BEGIN MATERIAL SUPPLIED
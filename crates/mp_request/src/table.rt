//! The table: what each handle names.

ghost use Rattle.std.specs.Prelude.{◌≡◌, ◌+◌, ◌↔◌, filter, IsSome, IfOk, IfErr, drop, length, is_none, position};
ghost use Rattle.std.specs.Prelude.{slice_index, ◌<◌, ◌==◌, IfSome, IsOk, IsErr, IsNone, Some, None, IsTrue, OnOk};
ghost use Rattle.std.specs.Prelude.{OnErr};
ghost use Rattle.std.specs.List.{list_all, list_any};
ghost use Rattle.mp_request.specs.Entries.{is_active};
ghost use Rattle.mp_request.specs.Awaited.{is_new};
ghost use Rattle.mp_request.specs.Handles.{IsActive, IsFull, IsHandle, IsInactive, IsLowestFree, IsOpen, IsPersistent};
ghost use Rattle.mp_request.specs.Table.{completed, has, is_distinct, is_testable, lowest_free};
ghost use Rattle.mp_request.specs.Handles.{is_done_at};
ghost use Rattle.mp_request.specs.Table.{may_be_tested, no_requests, request_at, started, with_request};

use crate::entries::{OpenRequest, Progress, State};
use crate::refusals::Refusal;
use mp_types::are_rising;
use std::alloc::{AllocError, Global};
use std::marker::Model;

/// How many handles a rank has. They are the numbers from 1 on.
pub const HANDLES: usize = 255;

/// The open requests of a rank, by handle. A handle is a number from 1 to 255 and belongs to the rank, for all its
/// harts; 0 is the null request, which is never open. Contracts see the list of what each handle names, from handle 1
/// on.
///
/// Nothing but `new` and `try_copy` takes memory, and a refusal leaves the table as it was.
#[derive(Drop)]
pub struct Requests {
    // handle h has slot h - 1
    pub(crate) slots: Vec<Option<OpenRequest>>,
}

impl Model for Requests {
    ghost use Rattle.std.specs.Prelude.{◌≡◌, List, Option, length};
    ghost use Rattle.mp_request.specs.declared.entries.OpenRequest.{OpenRequest};

    ghost Value = { List (Option OpenRequest) };

    ghost view = { λ table. table.slots.items };

    ghost invariant = { λ table. length table.slots.items ≡ 255 };
}

impl Requests {
    /// A table in which no handle is open.
    pub fn new(alloc: Global) -> Result<Requests, AllocError>
        ensures { IfOk result (λ table. table ≡ no_requests) }
    {
        let slots = vec![in alloc; None; HANDLES]?;
        Ok(Requests { slots })
    }

    /// The same requests under the same handles, in memory of their own. The only error is want of memory.
    pub fn try_copy(&self, alloc: Global) -> Result<Requests, AllocError>
        ensures { IfOk result (λ copy. copy ≡ self.now) }
    {
        let slots = Vec::from_slice(alloc, self.slots.as_slice())?;
        Ok(Requests { slots })
    }

    /// The least handle that isn't open. None where all are.
    pub fn lowest_free(&self) -> Option<u8>
        ensures lowest { IfSome result (IsLowestFree self.now) }
        ensures full { IsNone result ↔ IsFull self.now }
        ensures value { result ≡ lowest_free self.now }
    {
        let slot = self.free_slot()?;
        Some(slot as u8 + 1)
    }

    /// The request of a handle. None where the handle isn't open, as 0 and numbers above 255 never are.
    pub fn get(&self, handle: u64) -> Option<OpenRequest>
        ensures request { result ≡ request_at self.now handle }
        ensures handle { IsSome result → IsHandle handle }
    {
        let slots = self.slots();
        match slot_of(handle) {
            None => None,
            Some(slot) => slots[slot],
        }
    }

    /// Opens a request at the lowest free handle, which is the answer. A persistent one is inactive when it is made
    /// (MPI 4.1, chapter 3.9).
    ///
    /// `Full` exactly where all 255 handles are open.
    pub fn open(&mut self, request: OpenRequest) -> Result<u8, Refusal>
        requires { IsTrue (is_new request.state) }
        ensures lowest { IfOk result (IsLowestFree self.old) }
        ensures given { IfOk result (λ handle. lowest_free self.old ≡ Some handle) }
        ensures none { IsErr result ↔ (lowest_free self.old ≡ None) }
        ensures opened { IfOk result (λ handle. self.new ≡ with_request self.old handle (Some request)) }
        ensures full { (result ≡ Err Refusal.Full) ↔ IsFull self.old }
        ensures full_only { IfErr result (λ refusal. refusal ≡ Refusal.Full) }
        ensures unchanged { OnErr result (self.new ≡ self.old) }
    {
        let handle = self.lowest_free().ok_or(Refusal::Full)?;
        self.set(handle as u64, Some(request));
        Ok(handle)
    }

    /// Starts an inactive persistent request, which is then active with this progress (MPI 4.1, chapter 3.9).
    ///
    /// `BadRequest` exactly where the handle isn't open or its request is an ordinary one, `Active` exactly where the
    /// persistent request is active.
    pub fn start(&mut self, handle: u64, progress: Progress) -> Result<(), Refusal>
        ensures inactive { IsOk result ↔ IsInactive self.old handle }
        ensures started { OnOk result (self.new ≡ started self.old handle progress) }
        ensures bad_request { (result ≡ Err Refusal.BadRequest) ↔ ¬ IsPersistent self.old handle }
        ensures active { (result ≡ Err Refusal.Active) ↔ (IsPersistent self.old handle × IsActive self.old handle) }
        ensures unchanged { OnErr result (self.new ≡ self.old) }
    {
        let request = self.get(handle).ok_or(Refusal::BadRequest)?;
        match request.state {
            State::Ordinary(_) => Err(Refusal::BadRequest),
            State::Active(_) => Err(Refusal::Active),
            State::Inactive => {
                let state = State::Active(progress);
                self.set(handle, Some(OpenRequest { state, ..request }));
                Ok(())
            }
        }
    }

    /// Completes a request: an ordinary one is gone and its handle free (MPI 4.1, chapter 3.7.3), a persistent one is
    /// inactive (3.9). The null request and an inactive one are complete already, and nothing changes.
    ///
    /// `BadRequest` exactly where the handle is neither 0 nor open, and so names nothing that could complete.
    #[tactic(auto, using(crate::proofs::Maps::nothing_completes))]
    pub fn complete(&mut self, handle: u64) -> Result<(), Refusal>
        ensures completed { self.new ≡ completed self.old handle }
        ensures bad_request { (result ≡ Err Refusal.BadRequest) ↔ ((¬ (handle ≡ 0)) × (¬ IsOpen self.old handle)) }
        ensures bad_request_only { IfErr result (λ refusal. refusal ≡ Refusal.BadRequest) }
        ensures unchanged { OnErr result (self.new ≡ self.old) }
    {
        if handle == 0 {
            return Ok(());
        }
        let request = self.get(handle).ok_or(Refusal::BadRequest)?;
        self.set(handle, request.remainder());
        Ok(())
    }

    /// Frees an inactive persistent request, and with it its handle (MPI 4.1, chapter 3.7.3).
    ///
    /// `BadRequest` exactly where the handle isn't open, as 0 never is; `Active` exactly where its request is active,
    /// as an ordinary one always is.
    pub fn free(&mut self, handle: u64) -> Result<(), Refusal>
        ensures inactive { IsOk result ↔ IsInactive self.old handle }
        ensures freed { OnOk result (self.new ≡ with_request self.old handle None) }
        ensures bad_request { (result ≡ Err Refusal.BadRequest) ↔ ¬ IsOpen self.old handle }
        ensures active { (result ≡ Err Refusal.Active) ↔ IsActive self.old handle }
        ensures unchanged { OnErr result (self.new ≡ self.old) }
    {
        let request = self.get(handle).ok_or(Refusal::BadRequest)?;
        match request.state {
            State::Ordinary(_) | State::Active(_) => Err(Refusal::Active),
            State::Inactive => {
                self.set(handle, None);
                Ok(())
            }
        }
    }

    /// Whether each of these handles names the null request, an inactive one, or one that awaits nothing, so that all
    /// may complete at once (MPI 4.1, chapter 3.7.5).
    ///
    /// `BadRequest` exactly where a handle is neither 0 nor open, where one names a partitioned request, or where one
    /// of an active request stands twice.
    pub fn all_done(&self, handles: &[u64]) -> Result<bool, Refusal>
        ensures testable { IsOk result ↔ IsTrue (may_be_tested self.now handles.now) }
        ensures done { IfOk result (λ done. done ≡ list_all (is_done_at self.now) handles.now) }
        ensures bad_request_only { IfErr result (λ refusal. refusal ≡ Refusal.BadRequest) }
    {
        if !self.may_be_tested(handles) {
            return Err(Refusal::BadRequest);
        }
        Ok(handles.iter().all(|handle| self.is_done(*handle)))
    }

    /// What each of the 255 handles names, from handle 1 on.
    pub fn slots(&self) -> &[Option<OpenRequest>]
        ensures value { result.now ≡ self.now }
        ensures length { length self.now ≡ 255 }
    {
        self.slots.as_slice()
    }

    // The first slot that names nothing.
    fn free_slot(&self) -> Option<usize>
        ensures first { result ≡ position is_none self.now }
        ensures length { length self.now ≡ 255 }
    {
        self.slots.iter().position(|slot| slot.is_none())
    }

    /// Whether handles may be tested together: each is 0 or that of an open request which isn't partitioned, and no
    /// active request is named twice (MPI 4.1, chapter 3.7.5).
    pub fn may_be_tested(&self, handles: &[u64]) -> bool
        ensures { result ≡ may_be_tested self.now handles.now }
    {
        self.are_testable(handles) && self.names_active_once(handles)
    }

    fn are_testable(&self, handles: &[u64]) -> bool
        ensures { result ≡ list_all (is_testable self.now) handles.now }
    {
        handles.iter().all(|handle| self.is_testable(*handle))
    }

    fn is_testable(&self, handle: u64) -> bool
        ensures { result ≡ is_testable self.now handle }
    {
        handle == 0
            || match self.get(handle) {
                None => false,
                Some(request) => !request.transfer.is_partitioned(),
            }
    }

    // No handle of an active request stands twice.
    fn names_active_once(&self, handles: &[u64]) -> bool
        ensures { result ≡ is_distinct (filter (has is_active self.now) handles.now) }
    {
        if are_rising(handles) {
            return true;
        }
        for (place, handle) in handles.iter().enumerate() {
            if self.is_active(*handle) && stands_behind(handles, place) {
                return false;
            }
        }
        true
    }

    fn is_active(&self, handle: u64) -> bool
        ensures { result ≡ has is_active self.now handle }
    {
        match self.get(handle) {
            None => false,
            Some(request) => request.state.is_active(),
        }
    }

    fn is_done(&self, handle: u64) -> bool
        ensures { result ≡ is_done_at self.now handle }
    {
        handle == 0
            || match self.get(handle) {
                None => false,
                Some(request) => request.state.is_done(),
            }
    }

    // What a handle names from now on.
    fn set(&mut self, handle: u64, request: Option<OpenRequest>)
        requires { IsHandle handle }
        ensures { self.new ≡ with_request self.old handle request }
    {
        self.slots[handle as usize - 1] = request;
    }
}

// The number at a place stands behind it once more.
fn stands_behind(numbers: &[u64], place: usize) -> bool
    requires { place < length numbers.now }
    ensures { result ≡ list_any (λ y. y == slice_index numbers.now place) (drop (place + 1) numbers.now) }
{
    let behind = &numbers[place + 1..];
    behind.contains(&numbers[place])
}

// The slot of a handle. None for 0 and for numbers above 255.
fn slot_of(handle: u64) -> Option<usize>
    ensures found { IfSome result (λ slot. handle ≡ slot + 1) }
    ensures handle { IsSome result ↔ IsHandle handle }
{
    if handle == 0 || handle > HANDLES as u64 {
        return None;
    }
    Some(handle as usize - 1)
}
END MATERIAL SUPPLIED
→ YOUR INSTRUCTIONS: What are the lines from the one with "if handle == 0 ||" through the last line of the records above? Quote them exactly and add nothing.

→ RESPONSE AREA:
    if handle == 0 || handle > HANDLES as u64 {
        return None;
    }
    Some(handle as usize - 1)
}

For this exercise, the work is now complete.